== SOURCE RECORDS

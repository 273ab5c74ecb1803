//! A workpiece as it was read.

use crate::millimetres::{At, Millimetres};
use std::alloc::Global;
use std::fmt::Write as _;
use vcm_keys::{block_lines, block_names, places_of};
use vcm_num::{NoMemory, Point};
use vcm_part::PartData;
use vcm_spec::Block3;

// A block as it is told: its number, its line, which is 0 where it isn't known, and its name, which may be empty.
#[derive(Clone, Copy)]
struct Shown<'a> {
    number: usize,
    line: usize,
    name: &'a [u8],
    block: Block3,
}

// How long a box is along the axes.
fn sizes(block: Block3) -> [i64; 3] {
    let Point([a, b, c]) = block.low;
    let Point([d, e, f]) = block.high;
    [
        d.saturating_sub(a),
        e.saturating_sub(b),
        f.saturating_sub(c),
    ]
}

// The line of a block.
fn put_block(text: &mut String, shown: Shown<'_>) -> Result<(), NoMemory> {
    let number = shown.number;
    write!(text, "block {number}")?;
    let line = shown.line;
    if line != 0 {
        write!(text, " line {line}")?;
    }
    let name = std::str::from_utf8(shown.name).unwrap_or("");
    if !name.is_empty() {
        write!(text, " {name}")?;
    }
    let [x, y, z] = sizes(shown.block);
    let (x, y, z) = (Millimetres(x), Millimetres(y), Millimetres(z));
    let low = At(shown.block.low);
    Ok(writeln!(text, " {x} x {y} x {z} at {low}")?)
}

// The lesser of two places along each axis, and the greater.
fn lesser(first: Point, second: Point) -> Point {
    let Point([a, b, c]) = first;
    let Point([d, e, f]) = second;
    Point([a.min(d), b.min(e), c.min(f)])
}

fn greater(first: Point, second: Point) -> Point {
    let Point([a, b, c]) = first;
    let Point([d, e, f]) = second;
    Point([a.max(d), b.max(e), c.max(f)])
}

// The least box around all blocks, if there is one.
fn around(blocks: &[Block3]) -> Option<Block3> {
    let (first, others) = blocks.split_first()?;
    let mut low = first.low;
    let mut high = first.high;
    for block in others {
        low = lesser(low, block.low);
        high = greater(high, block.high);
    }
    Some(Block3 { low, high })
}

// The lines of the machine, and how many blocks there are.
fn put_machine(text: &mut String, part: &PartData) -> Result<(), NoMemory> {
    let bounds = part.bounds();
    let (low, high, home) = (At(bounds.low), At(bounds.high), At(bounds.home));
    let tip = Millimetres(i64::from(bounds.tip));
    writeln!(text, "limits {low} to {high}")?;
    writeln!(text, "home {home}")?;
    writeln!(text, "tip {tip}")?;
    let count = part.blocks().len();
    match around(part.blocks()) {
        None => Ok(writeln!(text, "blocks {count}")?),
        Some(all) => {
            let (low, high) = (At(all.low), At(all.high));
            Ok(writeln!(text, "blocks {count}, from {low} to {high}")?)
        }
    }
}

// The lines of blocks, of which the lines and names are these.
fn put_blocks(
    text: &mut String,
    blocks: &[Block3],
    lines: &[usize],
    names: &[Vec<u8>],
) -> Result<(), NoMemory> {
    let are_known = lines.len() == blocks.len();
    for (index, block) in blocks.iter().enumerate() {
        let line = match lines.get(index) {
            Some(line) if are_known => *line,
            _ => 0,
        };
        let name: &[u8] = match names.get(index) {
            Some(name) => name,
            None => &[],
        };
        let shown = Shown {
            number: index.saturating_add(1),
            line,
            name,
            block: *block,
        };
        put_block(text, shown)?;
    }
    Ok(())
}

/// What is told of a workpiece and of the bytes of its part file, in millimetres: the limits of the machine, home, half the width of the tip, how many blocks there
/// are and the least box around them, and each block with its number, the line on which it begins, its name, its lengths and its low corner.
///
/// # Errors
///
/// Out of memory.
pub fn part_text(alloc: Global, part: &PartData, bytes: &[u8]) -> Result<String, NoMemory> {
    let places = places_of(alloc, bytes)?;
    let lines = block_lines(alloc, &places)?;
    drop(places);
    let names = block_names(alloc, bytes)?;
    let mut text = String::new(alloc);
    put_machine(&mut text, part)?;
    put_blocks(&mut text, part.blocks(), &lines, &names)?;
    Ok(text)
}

====
== SOURCE RECORDS

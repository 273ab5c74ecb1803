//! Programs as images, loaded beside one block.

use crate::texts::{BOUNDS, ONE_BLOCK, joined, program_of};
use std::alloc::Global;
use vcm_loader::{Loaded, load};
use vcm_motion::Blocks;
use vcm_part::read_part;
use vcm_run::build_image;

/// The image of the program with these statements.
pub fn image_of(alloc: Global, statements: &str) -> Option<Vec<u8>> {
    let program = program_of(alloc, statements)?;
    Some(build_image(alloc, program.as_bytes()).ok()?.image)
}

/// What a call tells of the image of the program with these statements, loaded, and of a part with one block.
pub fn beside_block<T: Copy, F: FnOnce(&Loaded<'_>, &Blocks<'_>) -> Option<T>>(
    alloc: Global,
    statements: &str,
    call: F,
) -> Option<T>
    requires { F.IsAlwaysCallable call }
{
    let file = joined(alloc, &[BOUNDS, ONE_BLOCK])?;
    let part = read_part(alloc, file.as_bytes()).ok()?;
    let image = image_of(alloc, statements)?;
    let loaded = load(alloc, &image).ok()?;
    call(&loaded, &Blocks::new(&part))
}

====
== SOURCE RECORDS

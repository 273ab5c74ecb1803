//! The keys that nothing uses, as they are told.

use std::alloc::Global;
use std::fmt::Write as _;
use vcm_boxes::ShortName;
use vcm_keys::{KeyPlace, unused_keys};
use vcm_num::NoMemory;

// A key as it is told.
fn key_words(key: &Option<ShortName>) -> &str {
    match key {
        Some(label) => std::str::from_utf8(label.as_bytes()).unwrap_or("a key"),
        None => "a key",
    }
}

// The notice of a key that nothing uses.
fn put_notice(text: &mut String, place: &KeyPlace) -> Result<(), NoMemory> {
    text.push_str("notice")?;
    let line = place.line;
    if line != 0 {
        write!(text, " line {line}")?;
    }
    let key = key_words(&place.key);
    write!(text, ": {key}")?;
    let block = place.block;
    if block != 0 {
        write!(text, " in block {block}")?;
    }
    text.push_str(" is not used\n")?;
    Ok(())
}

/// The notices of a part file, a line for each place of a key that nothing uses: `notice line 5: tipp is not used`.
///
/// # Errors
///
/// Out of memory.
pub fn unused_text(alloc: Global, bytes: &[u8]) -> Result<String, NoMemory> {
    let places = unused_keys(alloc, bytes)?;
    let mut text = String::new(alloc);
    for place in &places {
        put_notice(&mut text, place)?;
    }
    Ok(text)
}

====

▶ PROBLEM REQUIREMENTS: When a line in the records above holds "Some", that line is to be reported.

▶ SOLUTION FOR THIS EXERCISE:
    Some(Block3 { low, high })
        Some(all) => {
            Some(line) if are_known => *line,
            Some(name) => name,
    Some(build_image(alloc, program.as_bytes()).ok()?.image)
        Some(label) => std::str::from_utf8(label.as_bytes()).unwrap_or("a key"),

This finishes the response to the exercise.